Animals’ diets provide them with more amino acids. Ammonia, urea, and uric acid are excretory products that are created during the metabolism of proteins, amino acids, or nucleic acids. Organisms that are ammonotelic release ammonia as a waste product through their gills, skin, and kidneys. Removal of ammonia requires less energy. The regulation of water ion balance and homeostasis depends on the excretion of waste. By controlling the electrolyte balance, every organism keeps its internal environment in a steady state.

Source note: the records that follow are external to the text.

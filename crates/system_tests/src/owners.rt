//! The owner table by worked bytes.
use crate::tables::{At, table};
use ice_base::Block;
use ice_owner::{OwnerFault, Owners};
use std::process::Abort;
use std::test::Fail;

/// The slots that are not free: those below a number.
fn first_slots(count: usize) -> [bool; 16] {
    let mut live = [false; 16];
    for slot in 0..16 {
        live[slot] = slot < count;
    }
    live
}

fn read(blocks: &[Block; 4], groups: u16, live: usize) -> Option<Owners> {
    if groups < 1 || groups > 1024 {
        return None;
    }
    Owners::read(blocks, groups, &first_slots(live))
}

/// For so many groups and slots that are not free: the first two groups, a place of a block, where slot 0 has a group in block 3 alone,
/// and whether that is a table.
const TABLES: [(&str, u16, usize, [u8; 8], (usize, usize), bool); 13] = [
    ("no cube, no group", 4, 0, [0; 8], (0, 8), true),
    (
        "two groups of slot 0, in order",
        4,
        1,
        [1, 0, 0, 0, 1, 1, 0, 0],
        (0, 8),
        true,
    ),
    (
        "the other way round",
        4,
        1,
        [1, 1, 0, 0, 1, 0, 0, 0],
        (0, 8),
        true,
    ),
    (
        "what is written as zero is not looked at",
        4,
        1,
        [1, 0, 7, 9, 1, 1, 3, 0],
        (0, 8),
        true,
    ),
    (
        "the ordinal of a group without a slot isn't either",
        4,
        1,
        [1, 0, 0, 0, 0, 5, 0, 0],
        (0, 8),
        true,
    ),
    (
        "an ordinal twice",
        4,
        1,
        [1, 0, 0, 0, 1, 0, 0, 0],
        (0, 8),
        false,
    ),
    (
        "an ordinal left out",
        4,
        1,
        [1, 0, 0, 0, 1, 2, 0, 0],
        (0, 8),
        false,
    ),
    (
        "no ordinal 0",
        4,
        1,
        [1, 1, 0, 0, 0, 0, 0, 0],
        (0, 8),
        false,
    ),
    (
        "a group of a free slot",
        4,
        1,
        [1, 0, 0, 0, 2, 0, 0, 0],
        (0, 8),
        false,
    ),
    (
        "a group of slot 16",
        4,
        16,
        [17, 0, 0, 0, 0, 0, 0, 0],
        (0, 8),
        false,
    ),
    (
        "a cube without a group",
        4,
        2,
        [1, 0, 0, 0, 1, 1, 0, 0],
        (0, 8),
        false,
    ),
    (
        "a group past the last one",
        1,
        1,
        [1, 0, 0, 0, 1, 1, 0, 0],
        (0, 8),
        false,
    ),
    (
        "the last of 1,024 groups",
        1024,
        1,
        [1, 0, 0, 0, 1, 1, 0, 0],
        (3, 1020),
        false,
    ),
];

/// Whether these are a table: eight bytes at the begin of the blocks, and one at this place of this block.
fn are_read(groups: u16, live: usize, first: &[u8; 8], (block, place): (usize, usize)) -> bool {
    let blocks = table(&[
        At {
            block: 0,
            place: 0,
            bytes: first,
        },
        At {
            block,
            place,
            bytes: &[if block == 3 { 1 } else { 0 }],
        },
    ]);
    read(&blocks, groups, live).is_some()
}

#[test]
fn each_fault_of_the_owner_table_is_refused(rt: HostRuntime) {
    for (name, groups, live, first, at, want) in &TABLES {
        let found = are_read(*groups, *live, first, *at);
        assert!(rt; found == *want, "{name}");
    }
}

/// The lots of the slots, by the group of their first ordinal and their number of groups.
fn lot(owners: &Owners, slot: u8) -> (u8, Option<u32>) {
    if slot >= 16 {
        return (0, None);
    }
    let lot = owners.lot_of(slot, 32 + 256 * 16);
    (lot.len(), lot.place(0))
}

/// Reserves groups for a slot below 16. What the call promises stays behind.
fn reserve(rt: &impl Abort, owners: &mut Owners, slot: u8, count: u32) -> Result<(), OwnerFault> {
    assert!(rt; slot < 16);
    owners.reserve(slot, count)
}

fn release(rt: &impl Abort, owners: &mut Owners, slot: u8) {
    assert!(rt; slot < 16);
    owners.release(slot);
}

fn free(owners: &Owners) -> u32 {
    owners.free()
}

/// Gives each slot 64 groups, which are all.
fn give_all(rt: &impl Abort, owners: &mut Owners) {
    for slot in 0..16_u8 {
        let given = reserve(rt, owners, slot, 64);
        let place = Some(4128 + 256 * 64 * slot as u32);
        assert_eq!(rt; (given, lot(owners, slot)), (Ok(()), (64, place)));
    }
    assert_eq!(rt; (free(owners), owners.groups()), (0, 1024));
    assert_eq!(rt; reserve(rt, owners, 3, 1), Err(OwnerFault::CubeFull));
}

/// Takes the groups of slots 2 and 9 back, and gives 65 of them.
fn give_again(rt: &impl Abort, owners: &mut Owners) {
    release(rt, owners, 2);
    release(rt, owners, 9);
    assert_eq!(rt; free(owners), 128);
    let given = [
        reserve(rt, owners, 9, 65),
        reserve(rt, owners, 9, 64),
        reserve(rt, owners, 2, 1),
    ];
    assert_eq!(rt; given, [Err(OwnerFault::CubeFull), Ok(()), Ok(())]);
    let lots = [lot(owners, 9), lot(owners, 2)];
    assert_eq!(rt;
        lots,
        [(64, Some(4128 + 256 * 128)), (1, Some(4128 + 256 * 576))]
    );
    assert_eq!(rt; free(owners), 63);
}

/// A cube of 64 groups gets none, however many are free.
fn refuse_more(rt: &impl Abort, owners: &mut Owners) {
    release(rt, owners, 9);
    release(rt, owners, 3);
    let given = [reserve(rt, owners, 2, 64), reserve(rt, owners, 4, 1)];
    assert_eq!(rt; given, [Err(OwnerFault::CubeFull); 2]);
}

#[test]
fn a_thousand_groups_are_given_and_taken_back(rt: HostRuntime) -> Result<(), Fail> {
    let mut owners = read(&[[0; 1024]; 4], 1024, 0).ok_or("no table")?;
    give_all(&rt, &mut owners);
    give_again(&rt, &mut owners);
    refuse_more(&rt, &mut owners);
    Ok(())
}

#[test]
fn no_more_groups_are_given_than_are_free(rt: HostRuntime) -> Result<(), Fail> {
    let mut small = read(&[[0; 1024]; 4], 3, 0).ok_or("no table")?;
    let given = [
        reserve(&rt, &mut small, 0, 4),
        reserve(&rt, &mut small, 0, 3),
    ];
    assert_eq!(rt;
        (given, free(&small)),
        ([Err(OwnerFault::NoGroups), Ok(())], 0)
    );
    Ok(())
}

/// Slot 0 with the groups 0 and 3, and slot 15 with 1 and 2.
fn worked(rt: &impl Abort) -> Option<Owners> {
    let mut owners = read(&[[0; 1024]; 4], 1024, 0)?;
    let given = [
        reserve(rt, &mut owners, 0, 1),
        reserve(rt, &mut owners, 15, 2),
        reserve(rt, &mut owners, 0, 1),
    ];
    assert_eq!(rt; given, [Ok(()); 3]);
    Some(owners)
}

fn written(owners: &Owners) -> [Block; 4] {
    let mut into = [[0xee; 1024]; 4];
    owners.write(&mut into);
    into
}

fn worked_bytes() -> [Block; 4] {
    table(&[At {
        block: 0,
        place: 0,
        bytes: &[1, 0, 0, 0, 16, 0, 0, 0, 16, 1, 0, 0, 1, 1, 0, 0],
    }])
}

/// The lots of slots 0, 15 and 1 of the table that these blocks are where the first and the last slot are not free.
fn lots_of_ends(blocks: &[Block; 4]) -> Option<[(u8, Option<u32>); 3]> {
    let owners = Owners::read(blocks, 1024, &live_of_ends())?;
    Some([lot(&owners, 0), lot(&owners, 15), lot(&owners, 1)])
}

#[test]
fn what_is_written_are_the_worked_bytes(rt: HostRuntime) -> Result<(), Fail> {
    let owners = worked(&rt).ok_or("no table")?;
    let into = written(&owners);
    assert!(rt; into == worked_bytes());
    assert_eq!(rt;
        lots_of_ends(&into),
        Some([(2, Some(4128)), (2, Some(4384)), (0, None)])
    );
    Ok(())
}

/// The first and the last slot are not free.
fn live_of_ends() -> [bool; 16] {
    let mut live = [false; 16];
    live[0] = true;
    live[15] = true;
    live
}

Frequently Asked Questions

1. Enlist excretory organs from different organisms.
Ans: Other excretory organs seen in various organisms are-

• Planaria – Flame cells
• Earthworm- Nephridia
• Cockroaches- malpighian tubules
• Prawns- green glands
• Molluscs- Renal glands

2. What are ureotelic and uricotellic organisms?
Ans: Ureotelic organisms – They release Urea as a waste product which is less toxic examples-Mammals and amphibians.

Uricotelic organism- They release Uric acid as a waste product which is the least toxic.  examples- Birds, reptiles, and insects.

3. Only aquatic animals are ammonotelic. Give reasons why?
Ans: Ammonia is highly toxic and hence cannot be stored in an organism’s body. Expulsion of ammonia from the body requires lots of water and hence aquatic animals such as fish only have the ability to form waste products in the form of ammonia.